Go through the records and copy each line where the string "laws" occurs.

Supplied records below:

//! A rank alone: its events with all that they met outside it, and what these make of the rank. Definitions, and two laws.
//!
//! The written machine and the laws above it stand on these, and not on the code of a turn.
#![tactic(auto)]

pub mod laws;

End of Supplied records.

> Answer to this exercise:
//! A rank alone: its events with all that they met outside it, and what these make of the rank. Definitions, and two laws.
//! The written machine and the laws above it stand on these, and not on the code of a turn.
pub mod laws;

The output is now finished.